WASHINGTON — The holiday season is a joyous time for most — and that can make things even worse if it’s the first Christmas since a parent or spouse has passed away.
Doctor Paul Coleman, a psychologist and author of the new book Finding Peace When Your Heart is in Pieces, tells WTOP there are a few techniques that can help you through.
First off, he says, “Try to find out what it is that you personally might need.”
There are three kinds of help you need from friends. Some, you will find, are good doers: They can help shovel your driveway or fix dinner.
“You might need practical help that way,” Coleman says.

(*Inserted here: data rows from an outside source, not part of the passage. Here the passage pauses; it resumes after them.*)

//! Signs, sendings and arguments.

ghost use Rattle.std.specs.Prelude.{◌≡◌, map};
ghost use Rattle.pz_syntax.specs.ExpressionView.{view, part_view, sending_view};
ghost use Rattle.pz_parser_cursor.specs.devices.Device.{Reads, MakesOr};
ghost use Rattle.pz_parser_expressions.specs.devices.Values as spec;
ghost use Rattle.pz_parser_expressions.specs.devices.Values.{below};
ghost use Rattle.pz_parser_expressions.specs.devices.Nests.{Nests};

use crate::Rule;
use crate::grammar::Grammar;
use pz_parser_cursor::{Cursor, Next, Refusal};
use pz_syntax::pz_items::{Boxed, Items, both};
use pz_syntax::{Expr, ExprForm, Pos, Sending, Symbol};
use std::alloc::Global;

impl<F: Fn(Global, &mut Cursor<'_>, usize, Rule) -> Result<Expr, Refusal>> Grammar<F> {
    /// Arguments in round brackets, if a `(` stands next.
    #[tactic(auto, unfolding(crate::specs::devices::Values::arguments))]
    pub fn arguments(&self, cursor: &mut Cursor<'_>) -> Result<Option<Items<Expr>>, Refusal>
        requires parts { Nests self.now.depth self.now.rule (F.pre self.now.expr)
            (F.post self.now.expr) }
        ensures reads { Reads part_view (spec.arguments self.now.depth
            (below self.now.depth) cursor.old) result cursor.new }
    {
        match cursor.peek() {
            Next::LeftParen => Ok(Some(self.enclosed(cursor, Next::Comma, Next::RightParen)?)),
            _ => Ok(None),
        }
    }

    #[tactic(auto, unfolding(crate::specs::devices::Values::one_sending))]
    fn sending(&self, cursor: &mut Cursor<'_>) -> Result<Sending, Refusal>
        requires parts { Nests self.now.depth self.now.rule (F.pre self.now.expr)
            (F.post self.now.expr) }
        ensures reads { Reads sending_view (spec.one_sending self.now.depth
            (below self.now.depth) cursor.old) result cursor.new }
    {
        let selector = cursor.take_id(self.alloc)?;
        let args = self.arguments(cursor)?;
        Ok(Sending { selector, args })
    }

    #[tactic(auto, unfolding(crate::specs::devices::Values::all_sendings, pz_parser_cursor::specs::devices::Lists::each_of, pz_parser_cursor::specs::devices::Lists::repeat))]
    fn sendings(&self, cursor: &mut Cursor<'_>) -> Result<Items<Sending>, Refusal>
        requires parts { Nests self.now.depth self.now.rule (F.pre self.now.expr)
            (F.post self.now.expr) }
        ensures reads { Reads (map sending_view) (spec.all_sendings self.now.depth
            (below self.now.depth) cursor.old) result cursor.new }
    {
        let mut found = Items::new(self.alloc);
        for _turn in 0..cursor.left() {
            if !cursor.sees_selector() {
                return Ok(found);
            }
            found.push(self.sending(cursor)?)?;
        }
        Ok(found)
    }

    #[tactic(auto, unfolding(crate::specs::devices::Values::sent_to))]
    fn sent_to(&self, cursor: &mut Cursor<'_>) -> Result<Expr, Refusal>
        requires parts { Nests self.now.depth self.now.rule (F.pre self.now.expr)
            (F.post self.now.expr) }
        ensures reads { Reads view (spec.sent_to self.now.depth (below self.now.depth) cursor.old)
            result cursor.new }
    {
        let pos = cursor.pos();
        let first = self.primary(cursor)?;
        let found = self.sendings(cursor)?;
        sent(self.alloc, pos, first, found)
    }

    /// A sign and its operand, or what selectors are sent to with its sendings.
    #[tactic(auto, unfolding(crate::specs::devices::Values::operand))]
    pub fn operand(&self, cursor: &mut Cursor<'_>) -> Result<Expr, Refusal>
        requires parts { Nests self.now.depth self.now.rule (F.pre self.now.expr)
            (F.post self.now.expr) }
        ensures reads { Reads view (spec.operand self.now.depth (below self.now.depth) cursor.old)
            result cursor.new }
    {
        match cursor.peek() {
            Next::Minus => self.signed(cursor, Symbol::Minus),
            Next::Bang => self.signed(cursor, Symbol::Bang),
            _ => self.sent_to(cursor),
        }
    }

    #[tactic(auto, unfolding(crate::specs::devices::Values::signed))]
    fn signed(&self, cursor: &mut Cursor<'_>, sign: Symbol) -> Result<Expr, Refusal>
        requires parts { Nests self.now.depth self.now.rule (F.pre self.now.expr)
            (F.post self.now.expr) }
        ensures reads { Reads view (spec.signed self.now.depth
            (below self.now.depth) sign cursor.old) result cursor.new }
    {
        let pos = cursor.pos();
        cursor.deepen(self.depth)?;
        let operand = Boxed::new(self.alloc, self.inner(cursor, Rule::Operand)?)?;
        let form = ExprForm::Unary(sign, operand);
        Ok(Expr { pos, form })
    }
}

/// The sendings with what they are sent to; where there are none, that alone.
fn sent(alloc: Global, pos: Pos, first: Expr, found: Items<Sending>) -> Result<Expr, Refusal>
    ensures { MakesOr (λ e. view e ≡ spec.sent pos (view first) (map sending_view found)) result }
{
    if found.is_empty() {
        return Ok(first);
    }
    let (first, found) = both(Boxed::new(alloc, first), Boxed::new(alloc, found))?;
    let form = ExprForm::Sends(first, found);
    Ok(Expr { pos, form })
}
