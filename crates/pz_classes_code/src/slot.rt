/// What stands for a variable in a body: an input, output or local of the method by its number
/// there, a field or variable of the class by its number there, or none of these.
#[derive(Clone, Copy, Debug, PartialEq, Eq)]
pub enum Slot {
    Local(u32),
    Shared(u32),
    Unknown,
}
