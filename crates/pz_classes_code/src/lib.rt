//! The bodies of methods with slots in place of variables and numbers in place of classes and
//! ports, and how a body of the syntax is resolved to one; names that no model declares, and numberings of names.
#![tactic(auto)]

mod body;
mod code;
mod literals;
mod names;
mod numbering;
mod reserved;
mod resolving;
mod scope;
mod slot;
mod step;

pub use body::Body;
pub use code::{Code, CodeForm, CodeLink, CodeSending};
pub use literals::constant;
pub use names::{NameFront, NameList};
pub use numbering::{Numbering, places_of};
pub use pz_syntax;
pub use pz_syntax::pz_items;
pub use pz_value;
pub use reserved::{is_array, is_object, is_primitive, is_unsupported};
pub use resolving::{resolve_list, resolve_statements};
pub use scope::Scope;
pub use slot::Slot;
pub use step::{Step, StepForm};
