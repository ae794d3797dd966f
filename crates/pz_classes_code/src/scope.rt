// What names stand for in a body.

ghost use Rattle.std.specs.Prelude.{◌≡◌, IfOk};
ghost use Rattle.pz_classes_code.specs.Resolution as spec;
ghost use Rattle.pz_classes_code.specs.ScopeView.{scope_view};

use crate::{NameFront, Numbering, Slot, is_array};
use pz_syntax::pz_items::Items;
use pz_syntax::{Id, Name};
use pz_value::ClassId;
use std::alloc::{AllocError, Global};

/// The number of a class or a port that is not there.
const UNKNOWN: u32 = u32::MAX;

/// The numbers of names: of inputs, outputs and locals, of the fields or variables of the class, of
/// its ports, and of the classes of the model.
#[derive(Drop)]
pub struct Scope<'a> {
    pub locals: &'a Numbering,
    pub shared: &'a NameFront,
    pub ports: &'a NameFront,
    pub classes: &'a Numbering,
}

impl Scope<'_> {
    /// What stands for a variable of this name.
    pub fn slot(&self, name: &Name) -> Slot
        ensures { result ≡ spec.slot_of (scope_view self.now) name.now }
    {
        let bytes = name.as_str().as_bytes();
        if let Some(number) = self.locals.get(bytes) {
            return Slot::Local(number);
        }
        match self.shared.place(bytes) {
            Some(number) => Slot::Shared(number),
            None => Slot::Unknown,
        }
    }

    /// The class of this name.
    pub fn class(&self, name: &Name) -> ClassId
        ensures { result ≡ spec.class_of (scope_view self.now) name.now }
    {
        if is_array(name) {
            return ClassId(0);
        }
        match self.classes.get(name.as_str().as_bytes()) {
            Some(number) => ClassId(number),
            None => ClassId(UNKNOWN),
        }
    }

    /// The number of the port of this name.
    pub fn port(&self, name: &Name) -> u32
        ensures { result ≡ spec.port_of (scope_view self.now) name.now }
    {
        match self.ports.place(name.as_str().as_bytes()) {
            Some(number) => number,
            None => UNKNOWN,
        }
    }

    /// What stands for each of these variables. The only error is want of memory.
    pub fn slots(&self, alloc: Global, ids: &[Id]) -> Result<Items<Slot>, AllocError>
        ensures { IfOk result (λ slots. slots ≡ spec.slots_of (scope_view self.now) ids.now) }
    {
        let mut slots = Items::with_capacity(alloc, ids.len())?;
        for id in ids {
            slots.push(self.slot(&id.name))?;
        }
        Ok(slots)
    }
}
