// The names of classes that no model declares.

ghost use Rattle.std.specs.Prelude.{◌≡◌};
ghost use Rattle.pz_classes_code.specs.ReservedNames as spec;

use pz_syntax::Name;

/// Whether a primitive class has this name.
pub fn is_primitive(name: &Name) -> bool
    ensures { result ≡ spec.is_primitive name.now }
{
    let name = name.as_str();
    name == "Object"
        || name == "Nil"
        || name == "Boolean"
        || name == "Integer"
        || name == "Char"
        || name == "String"
        || name == "Array"
}

/// Whether a class that is left out of the language has this name.
pub fn is_unsupported(name: &Name) -> bool
    ensures { result ≡ spec.is_unsupported name.now }
{
    let name = name.as_str();
    name == "Real" || name == "Float" || name == "RandomGenerator"
}

/// Whether it is the name of the class that a data class may extend, though it is primitive.
pub fn is_object(name: &Name) -> bool
    ensures { result ≡ spec.is_object name.now }
{
    name.as_str() == "Object"
}

/// Whether it is the name of the primitive class that may be created.
pub fn is_array(name: &Name) -> bool
    ensures { result ≡ spec.is_array name.now }
{
    name.as_str() == "Array"
}
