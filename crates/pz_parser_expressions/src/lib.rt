//! The rules of the parser for values and expressions.
#![tactic(auto)]

mod chains;
mod grammar;
mod operands;
mod primaries;
mod rule;

pub use grammar::{arguments, block, expr, exprs, optional_arguments, value};
pub use rule::Rule;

Others are good listeners.
“Those are the people who, when you just need to vent … that’s the person to call.”
The third is a good distractor, Coleman says: They can take you to lunch of a movie, and take your mind off things.
“Find those people who can achieve for you what it is you personally might need,” he says.
The holiday traditions can be especially painful, since those rituals traditions usually revolve around one person who carried them out.
“You’re probably going to have to make some new traditions,” Coleman says, but there’s a way to rehabilitate the old ones.
It may sound strange, Coleman says, but it can be helpful to have what he calls “a hello-again dialogue — you just say hello to that person: ‘Hi Mom; we’re making the Thanksgiving turkey of the Christmas ham. And it’s not the same as you used to make, but we’re doing it with you in mind, and we love you.’ … You bring that person’s spirit into the room with you.”
No matter what, the holidays can be a happy time, and Coleman says it’s important to allow yourself to feel that joy if you’re feeling it, alongside your grief.
“It’s important to honor the fact that you’re going to feel both,” Coleman says.
If you’re around a house full of kids, “You have to smile and enjoy,” he allows: “You want to give yourself permission to feel OK.”
And you might feel the temptation to sit out the holidays altogether. Coleman says you can honor that feeling, but be careful.
“It’s still important to have some kind of emotional support; you don’t want to withdraw completely … But if you need to have some quiet time to just get through it, there’s nothing wrong [with it].”